BEGIN SUPPLIED DATA
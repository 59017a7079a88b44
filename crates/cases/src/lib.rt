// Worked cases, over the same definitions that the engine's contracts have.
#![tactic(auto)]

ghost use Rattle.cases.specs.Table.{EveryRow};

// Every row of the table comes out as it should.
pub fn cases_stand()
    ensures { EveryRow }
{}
END SUPPLIED DATA
BEGIN SUPPLIED DATA
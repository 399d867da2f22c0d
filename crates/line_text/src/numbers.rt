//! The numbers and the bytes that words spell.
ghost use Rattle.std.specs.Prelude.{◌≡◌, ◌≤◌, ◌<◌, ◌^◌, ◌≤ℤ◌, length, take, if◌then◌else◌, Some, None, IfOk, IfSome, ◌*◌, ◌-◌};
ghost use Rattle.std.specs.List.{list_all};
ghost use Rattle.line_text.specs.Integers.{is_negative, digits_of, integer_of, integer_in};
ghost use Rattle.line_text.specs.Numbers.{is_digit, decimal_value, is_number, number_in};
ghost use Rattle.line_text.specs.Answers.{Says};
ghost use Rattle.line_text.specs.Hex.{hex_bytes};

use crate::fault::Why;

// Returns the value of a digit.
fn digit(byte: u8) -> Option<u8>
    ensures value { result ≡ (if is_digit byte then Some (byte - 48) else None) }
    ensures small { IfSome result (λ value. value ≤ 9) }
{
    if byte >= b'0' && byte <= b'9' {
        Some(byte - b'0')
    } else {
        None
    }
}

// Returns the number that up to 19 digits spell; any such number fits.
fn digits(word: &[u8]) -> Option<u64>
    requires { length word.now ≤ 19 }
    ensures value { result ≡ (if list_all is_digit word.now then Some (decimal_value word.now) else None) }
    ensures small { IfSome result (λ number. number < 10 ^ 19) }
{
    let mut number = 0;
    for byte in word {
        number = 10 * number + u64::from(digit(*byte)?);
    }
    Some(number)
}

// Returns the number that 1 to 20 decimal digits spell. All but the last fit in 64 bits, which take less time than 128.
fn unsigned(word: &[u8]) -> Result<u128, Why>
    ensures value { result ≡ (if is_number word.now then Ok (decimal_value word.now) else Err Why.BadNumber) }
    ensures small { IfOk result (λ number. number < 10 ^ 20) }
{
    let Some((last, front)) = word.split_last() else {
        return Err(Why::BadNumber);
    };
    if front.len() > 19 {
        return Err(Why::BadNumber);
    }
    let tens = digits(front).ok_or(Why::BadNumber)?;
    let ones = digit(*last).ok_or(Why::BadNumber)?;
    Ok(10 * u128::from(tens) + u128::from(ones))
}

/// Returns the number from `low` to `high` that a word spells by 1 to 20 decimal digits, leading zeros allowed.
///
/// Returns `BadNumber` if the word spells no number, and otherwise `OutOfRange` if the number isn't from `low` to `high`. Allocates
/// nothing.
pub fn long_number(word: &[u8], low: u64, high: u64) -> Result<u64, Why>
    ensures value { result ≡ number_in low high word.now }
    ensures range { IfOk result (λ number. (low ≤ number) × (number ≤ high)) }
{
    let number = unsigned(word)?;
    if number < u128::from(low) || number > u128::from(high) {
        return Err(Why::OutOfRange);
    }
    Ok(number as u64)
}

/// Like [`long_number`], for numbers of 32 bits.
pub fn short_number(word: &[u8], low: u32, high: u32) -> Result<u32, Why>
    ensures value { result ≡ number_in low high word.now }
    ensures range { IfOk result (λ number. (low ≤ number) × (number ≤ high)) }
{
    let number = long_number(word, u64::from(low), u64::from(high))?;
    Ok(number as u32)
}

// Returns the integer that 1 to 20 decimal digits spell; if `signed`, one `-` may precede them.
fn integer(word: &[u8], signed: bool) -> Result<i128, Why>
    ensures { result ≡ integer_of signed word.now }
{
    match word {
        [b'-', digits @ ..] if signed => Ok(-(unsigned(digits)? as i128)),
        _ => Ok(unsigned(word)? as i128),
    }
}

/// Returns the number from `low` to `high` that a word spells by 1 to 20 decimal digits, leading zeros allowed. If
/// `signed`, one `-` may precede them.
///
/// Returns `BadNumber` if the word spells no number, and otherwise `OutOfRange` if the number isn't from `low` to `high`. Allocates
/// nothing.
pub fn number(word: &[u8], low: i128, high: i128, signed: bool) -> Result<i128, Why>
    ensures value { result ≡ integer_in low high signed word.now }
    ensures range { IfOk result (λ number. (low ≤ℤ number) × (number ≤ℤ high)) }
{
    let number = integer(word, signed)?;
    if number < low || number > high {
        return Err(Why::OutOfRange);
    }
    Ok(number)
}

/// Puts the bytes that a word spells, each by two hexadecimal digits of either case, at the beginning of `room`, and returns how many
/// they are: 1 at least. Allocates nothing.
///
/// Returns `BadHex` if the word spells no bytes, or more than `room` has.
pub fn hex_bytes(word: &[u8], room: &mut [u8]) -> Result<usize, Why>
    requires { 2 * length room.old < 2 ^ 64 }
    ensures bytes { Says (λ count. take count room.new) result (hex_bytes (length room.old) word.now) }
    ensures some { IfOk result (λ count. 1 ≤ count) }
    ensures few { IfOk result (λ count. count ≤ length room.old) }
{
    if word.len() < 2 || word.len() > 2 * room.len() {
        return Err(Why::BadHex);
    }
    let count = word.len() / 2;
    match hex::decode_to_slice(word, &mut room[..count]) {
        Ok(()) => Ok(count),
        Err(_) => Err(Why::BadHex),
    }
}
END SUPPLIED DATA
== THE PROBLEM ==
Check each line of the records above for "repository", and copy those that have it.

== OUTPUT OF THE EXERCISE ==
repository 59017a7079a88b44
repository 399d867da2f22c0d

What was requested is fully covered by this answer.